▸ **EXERCISE GOAL**:
Go through the listing below and list every line with "time".

▸ **INPUT RECORDS**:
▬▬▬▬▬▬
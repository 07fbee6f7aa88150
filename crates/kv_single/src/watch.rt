//! Watches of a bucket.

ghost use Rattle.std.specs.Prelude.{◌≡◌, ◌<◌, ⊤, IfErr, IfOk, OnErr, IsTrue, MatchResult};
ghost use Rattle.std.specs.Borrow.{sem, follows_so};
ghost use mathlib.Core.Option.{none};
ghost use Rattle.kv_keys.specs.Outcome.{Refuses};
ghost use Rattle.kv_keys.specs.declared.error.KvError.TheVariants.{NoSuchWatch};
ghost use Rattle.kv_model.specs.declared.call.Call.TheVariants as calls;
ghost use Rattle.kv_model.specs.declared.call.Call.TheVariants.{Take, Stop};
ghost use Rattle.kv_model.specs.Answers.{Watching, Ended, Refused, answer_item};
ghost use Rattle.kv_model.specs.State.{State, after, answer_to, has_room, next_number};
ghost use Rattle.kv_watch.specs.Taking.{item_taken};
ghost use Rattle.kv_single.specs.Held.{Represents};
ghost use Rattle.kv_single.specs.Stepping.{IsStep};

use crate::bucket::{Bucket, Held, index_of};
use kv_keys::{Filters, KvError};
use kv_model::{Options, Stopped};
use kv_watch::{Taken, Watch};

/// How many watches may be open at a time.
const MOST_OPEN: usize = 64;

/// The last number of a watch.
const LAST_NUMBER: u64 = 4_294_967_295;

impl Bucket {
    ghost use Rattle.kv_single.specs.contracts.bucket.Bucket.{the_row};

    /// Whether one watch more may be opened.
    fn has_room(&self) -> bool
        ensures room { (state : State) → Represents state self.now → result ≡ has_room state }
        ensures below { IsTrue result → self.now.opened < 4294967295 }
    {
        self.watches.len() < MOST_OPEN && self.opened < LAST_NUMBER
    }

    /// Opens a watch that begins now, and answers its number: 1 for the first, and never one that was given before. At
    /// most 64 watches are open at a time.
    ///
    /// It costs what opening a cursor does, and a snapshot of the version, which is held until the initial entries were
    /// handed out.
    pub fn watch(&mut self, filters: &Filters, options: Options) -> Result<u64, KvError>
        ensures ok { IfOk result (λ number. IsStep self.old (calls.Watch filters.now options) (Watching number) self.new) }
        ensures refused { IfErr result
            (λ e. (state : State) → Represents state self.old → Refuses e (next_number state)) }
        ensures unchanged { OnErr result (self.new ≡ self.old) }
        ensures version { self.new.version ≡ self.old.version }
    {
        if !self.has_room() {
            return Err(KvError::TooManyWatches);
        }
        let watch = Watch::open(self.alloc, &self.version, filters, options)?;
        let number = self.opened + 1;
        self.watches.push(Held::new(number, watch))?;
        self.opened = number;
        Ok(number)
    }

    /// What `take` would hand out.
    pub fn peek(&self, number: u64) -> Result<Taken<'_>, KvError>
        ensures ok { IfOk result (λ taken. (state : State) → Represents state self.now →
            answer_item (item_taken taken) ≡ answer_to state (Take number)) }
        ensures refused { IfErr result (λ e. (e ≡ NoSuchWatch) × ((state : State) → Represents state self.now →
            Refused e ≡ answer_to state (Take number))) }
    {
        let Some(index) = index_of(&self.watches, number) else {
            return Err(KvError::NoSuchWatch);
        };
        let held = &self.watches[index];
        Ok(held.watch.peek(&self.version))
    }

    /// Hands out the next item of a watch, lent from the bucket, and moves the watch on behind it. Where there is none
    /// it is `Empty`: then all that the watch is given by now was handed out. It takes no memory.
    pub fn take(&mut self, number: u64) -> Result<Taken<'_>, KvError>
        ensures* after { sem 𝓛 (follows_so the_row the_row self.entry.ghost_name none (λ _ _. ⊤)
            (λ left. MatchResult result
            (λ taken. IsStep self.old (Take number) (answer_item (item_taken taken)) left)
            (λ e. left ≡ self.old))) }
        ensures ok { IfOk result (λ taken. (state : State) → Represents state self.old →
            answer_item (item_taken taken) ≡ answer_to state (Take number)) }
        ensures refused { IfErr result (λ e. (e ≡ NoSuchWatch) × ((state : State) → Represents state self.old →
            Refused e ≡ answer_to state (Take number))) }
    {
        let Some(index) = index_of(&self.watches, number) else {
            return Err(KvError::NoSuchWatch);
        };
        let held = &mut self.watches[index];
        Ok(held.watch.take(&self.version))
    }

    /// Moves a watch on behind its next item, as `take` does, and lends nothing: so that what was peeked can be copied
    /// first, and want of memory loses no item. Where there is none, or no watch of the number is open, nothing is handed
    /// out.
    pub fn pass(&mut self, number: u64)
        ensures step { (state : State) → Represents state self.old → Represents (after state (Take number)) self.new }
        ensures version { self.new.version ≡ self.old.version }
    {
        if let Some(index) = index_of(&self.watches, number) {
            let held = &mut self.watches[index];
            held.watch.pass(&self.version);
        }
    }

    /// Stops a watch, and answers how many items it was handed. Its number is never used again.
    pub fn stop(&mut self, number: u64) -> Result<Stopped, KvError>
        ensures ok { IfOk result (λ stopped. IsStep self.old (Stop number) (Ended stopped.handed) self.new) }
        ensures refused { IfErr result (λ e. (e ≡ NoSuchWatch) × IsStep self.old (Stop number) (Refused e) self.new) }
        ensures unchanged { OnErr result (self.new ≡ self.old) }
        ensures version { self.new.version ≡ self.old.version }
    {
        let Some(index) = index_of(&self.watches, number) else {
            return Err(KvError::NoSuchWatch);
        };
        let handed = self.watches[index].watch.handed();
        self.watches.retain(|held| held.number() != number);
        Ok(Stopped { handed })
    }
}
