//! A bucket: its version, and the watches that are open.

ghost use Rattle.std.specs.Prelude.{◌≡◌, [], List, length, IfErr, IfOk};
ghost use Rattle.std.specs.List.{position};
ghost use Rattle.kv_keys.specs.Outcome.{Refuses};
ghost use Rattle.kv_model.specs.Acts.{Act};
ghost use Rattle.kv_model.specs.Configuration.{configure};
ghost use Rattle.kv_model.specs.Answers.{Answer};
ghost use Rattle.kv_model.specs.declared.call.Call.{Call as ACall};
ghost use Rattle.kv_model.specs.State.{State, empty, open_count};
ghost use Rattle.kv_store.specs.Standing.{StandsFor};
ghost use Rattle.kv_single.specs.Held.{Represents, has_number};
ghost use Rattle.kv_single.specs.Stepping.{IsStep};

use kv_keys::KvError;
use kv_model::Config;
use kv_store::Version;
use kv_watch::Watch;
use std::alloc::Global;
use std::marker::Model;

/// A bucket: its version, and at most 64 watches that are open. It keeps the allocator that it was opened with.
///
/// Contracts say which states of the model it represents, and that each call is one step of the model.
pub struct Bucket {
    pub(crate) version: Version,
    pub(crate) watches: Vec<Held>,
    pub(crate) opened: u64,
    pub(crate) alloc: Global,
}

// Field by field: a derived drop makes each proof longer that owns one.
impl Drop for Bucket {
    fn drop(self) {
        let Self {
            version: _,
            watches: _,
            opened: _,
            alloc: _,
        } = self;
    }
}

impl Model for Bucket {
    ghost use Rattle.kv_single.specs.Held.{Bucketed};

    ghost Value = { Bucketed };

    ghost view = { λ b. record { version = b.version; watches = b.watches.items; opened = b.opened } };
}

impl Bucket {
    /// A bucket with no writes and no watches. The name is checked before the numbers, and both before any request
    /// for memory.
    pub fn open(alloc: Global, config: &Config) -> Result<Bucket, KvError>
        ensures ok { IfOk result (λ bucket. Represents (empty config.now) bucket) }
        ensures refused { IfErr result (λ e. Refuses e (configure config.now)) }
    {
        let version = Version::empty(alloc, config)?;
        Ok(Bucket {
            version,
            watches: Vec::new(alloc),
            opened: 0,
            alloc,
        })
    }

    /// A bucket with this version, and no watches: for a layer that has made the version again from what it keeps.
    pub fn from_version(alloc: Global, version: Version) -> Bucket
        ensures { (acts : List Act) → StandsFor acts version →
            Represents (record { config = version.config; acts = acts; watches = [] }) result }
    {
        Bucket {
            version,
            watches: Vec::new(alloc),
            opened: 0,
            alloc,
        }
    }

    /// The version with all that was accepted.
    pub fn version(&self) -> &Version
        ensures value { result.now ≡ self.now.version }
        ensures acts { (state : State) → Represents state self.now →
            (result.now.config ≡ state.config) × StandsFor state.acts result.now }
    {
        &self.version
    }

    /// The allocator that it was opened with.
    pub fn alloc(&self) -> Global {
        self.alloc
    }

    /// Puts another version in place of its own, and changes nothing else: for a layer that makes the next version
    /// apart, and puts it in place once it has done with it what may be refused. It asks that this is one step of the
    /// model: what some call does, from every state that the bucket represents.
    pub fn go_on_to(&mut self, next: Version)
        requires step { (call : ACall) × ((answer : Answer) × IsStep self.old call answer (record self.old { version = next })) }
        ensures { self.new ≡ record self.old { version = next } }
    {
        self.version = next;
    }

    /// How many watches are open.
    pub fn watches(&self) -> u64
        ensures value { result ≡ length self.now.watches }
        ensures open { (state : State) → Represents state self.now → result ≡ open_count state.watches }
    {
        self.watches.len() as u64
    }
}

/// A watch that is open, and its number.
pub(crate) struct Held {
    number: u64,
    pub(crate) watch: Watch,
}

// Field by field: a derived drop makes each proof longer that owns one.
impl Drop for Held {
    fn drop(self) {
        let Self {
            number: _,
            watch: _,
        } = self;
    }
}

impl Model for Held {
    ghost use Rattle.kv_single.specs.Held.{Holding};

    ghost Value = { Holding };

    ghost view = { λ held. record { number = held.number; watch = held.watch } };
}

impl Held {
    /// A watch under this number.
    pub(crate) fn new(number: u64, watch: Watch) -> Held
        ensures { result ≡ record { number = number; watch = watch } }
    {
        Held { number, watch }
    }

    pub(crate) fn number(&self) -> u64
        ensures { result ≡ self.now.number }
    {
        self.number
    }
}

/// The index of the watch of a number.
pub(crate) fn index_of(watches: &[Held], number: u64) -> Option<usize>
    ensures { result ≡ position (has_number number) watches.now }
{
    watches.iter().position(|held| held.number() == number)
}
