//! Runs of calls.

ghost use Rattle.std.specs.Prelude.{◌≡◌, ◌<◌, ℕ, IfErr, IfOk, OnErr, OnOk, drop, length, map, take};
ghost use Rattle.kv_keys.specs.declared.error.KvError.TheVariants.{OutOfMemory};
ghost use Rattle.kv_model.specs.declared.call.Call.TheVariants.{Write, Seal, Watch, Take, Stop};
ghost use Rattle.kv_single.specs.Replies.{answer_of};
ghost use Rattle.kv_single.specs.Held.{Represents};
ghost use Rattle.kv_model.specs.Runs.{exchanges};
ghost use Rattle.kv_model.specs.State.{State, after};
ghost use Rattle.kv_single.specs.Stepping.{IsRun, IsStep};
ghost use Rattle.kv_model.specs.Told.{TellsEachWatch};

use crate::bucket::Bucket;
use crate::reply::{Reply, refusal};
use kv_keys::{Filters, KvError};
use kv_model::{Call, Options, Request};
use std::alloc::AllocError;

impl Bucket {
    /// Does all that is asked, in order, and adds one reply for each call; a refused call has its refusal as the reply.
    ///
    /// For want of memory it stops before one of the calls, and has then done those before it and added their replies:
    /// the memory of a reply is taken before its call changes anything.
    pub fn run(&mut self, calls: &[Call], replies: &mut Vec<Reply>) -> Result<(), KvError>
        ensures ok { OnOk result (IsRun self.old calls.now replies.old.items replies.new.items self.new) }
        ensures err { IfErr result (λ e. e ≡ OutOfMemory) }
        // Each watch that the calls opened was handed, in order, the first items of what it is given, and where a take
        // of it is answered Empty, all of them.
        ensures told { OnOk result ((state : State) → Represents state self.old →
            TellsEachWatch state
            (exchanges calls.now (map answer_of (drop (length replies.old.items) replies.new.items)))) }
        // Where memory ran out it did the first k calls and no other, and each watch that these opened was told the
        // same.
        ensures told_early { OnErr result ((k : ℕ) × (k < length calls.now) ×
            IsRun self.old (take k calls.now) replies.old.items replies.new.items self.new ×
            ((state : State) → Represents state self.old →
            TellsEachWatch state (exchanges (take k calls.now) (map answer_of
            (drop (length replies.old.items) replies.new.items))))) }
    {
        for call in calls {
            replies.reserve(1)?;
            replies.push_reserved(self.answer(call)?);
        }
        Ok(())
    }

    /// Does one call, and answers it. Only want of memory is no reply, and then nothing has changed.
    fn answer(&mut self, call: &Call) -> Result<Reply, AllocError>
        ensures ok { IfOk result (λ reply. IsStep self.old call.now (answer_of reply) self.new) }
        ensures unchanged { OnErr result (self.new ≡ self.old) }
    {
        match call {
            Call::Write(request) => self.write_reply(request),
            Call::Seal => self.seal_reply(),
            Call::Get(key) => self.get_reply(key),
            Call::GetAt(key, revision) => self.get_at_reply(key, *revision),
            Call::History(key) => self.history_reply(key),
            Call::Keys(filters) => self.keys_reply(filters),
            Call::Status => Ok(self.status_reply()),
            Call::Watch(filters, options) => self.watch_reply(filters, *options),
            Call::Take(number) => self.take_reply(*number),
            Call::Stop(number) => self.stop_reply(*number),
            Call::Compact(floor) => self.compact_reply(*floor),
        }
    }

    fn write_reply(&mut self, request: &Request) -> Result<Reply, AllocError>
        ensures ok { IfOk result (λ reply. IsStep self.old (Write request.now) (answer_of reply) self.new) }
        ensures unchanged { OnErr result (self.new ≡ self.old) }
    {
        match self.write(request) {
            Ok(revision) => Ok(Reply::Revision(revision)),
            Err(error) => refusal(error),
        }
    }

    fn seal_reply(&mut self) -> Result<Reply, AllocError>
        ensures ok { IfOk result (λ reply. IsStep self.old Seal (answer_of reply) self.new) }
        ensures unchanged { OnErr result (self.new ≡ self.old) }
    {
        self.seal().map_err(|_| AllocError)?;
        Ok(Reply::Sealed)
    }

    fn watch_reply(&mut self, filters: &Filters, options: Options) -> Result<Reply, AllocError>
        ensures ok { IfOk result (λ reply. IsStep self.old (Watch filters.now options) (answer_of reply) self.new) }
        ensures unchanged { OnErr result (self.new ≡ self.old) }
    {
        match self.watch(filters, options) {
            Ok(number) => Ok(Reply::Watch(number)),
            Err(error) => refusal(error),
        }
    }

    fn take_reply(&mut self, number: u64) -> Result<Reply, AllocError>
        ensures ok { IfOk result (λ reply. IsStep self.old (Take number) (answer_of reply) self.new) }
        ensures unchanged { OnErr result (self.new ≡ self.old) }
    {
        let reply = self.peek_reply(number)?;
        self.pass(number);
        Ok(reply)
    }

    fn stop_reply(&mut self, number: u64) -> Result<Reply, AllocError>
        ensures ok { IfOk result (λ reply. IsStep self.old (Stop number) (answer_of reply) self.new) }
        ensures unchanged { OnErr result (self.new ≡ self.old) }
    {
        match self.stop(number) {
            Ok(stopped) => Ok(Reply::Stopped(stopped)),
            Err(error) => refusal(error),
        }
    }
}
▬▬▬▬▬▬
▸ **YOUR SOLUTION**:
/// How many watches may be open at a time.
    /// most 64 watches are open at a time.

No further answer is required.